TASK TO COMPLETE: Go to the line containing "use conf_file::FileFault;" in the records below. Repeat it and the lines after it exactly, all the way to the end.

====== DATA FOR THIS EXERCISE

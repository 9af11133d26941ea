use conf_file::FileFault;
use lilo_conf::ConfFault;

/// Why an installation can't begin.
#[derive(Clone, Copy, Debug, PartialEq, Eq)]
pub enum BeginFault {
    /// The volume isn't found, or its configuration's file isn't read, or the boot device isn't found.
    File(FileFault),
    /// The configuration's text is refused.
    Text(ConfFault),
}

============

PROBLEM SOLUTION:
use conf_file::FileFault;
use lilo_conf::ConfFault;

/// Why an installation can't begin.
#[derive(Clone, Copy, Debug, PartialEq, Eq)]
pub enum BeginFault {
    /// The volume isn't found, or its configuration's file isn't read, or the boot device isn't found.
    File(FileFault),
    /// The configuration's text is refused.
    Text(ConfFault),
}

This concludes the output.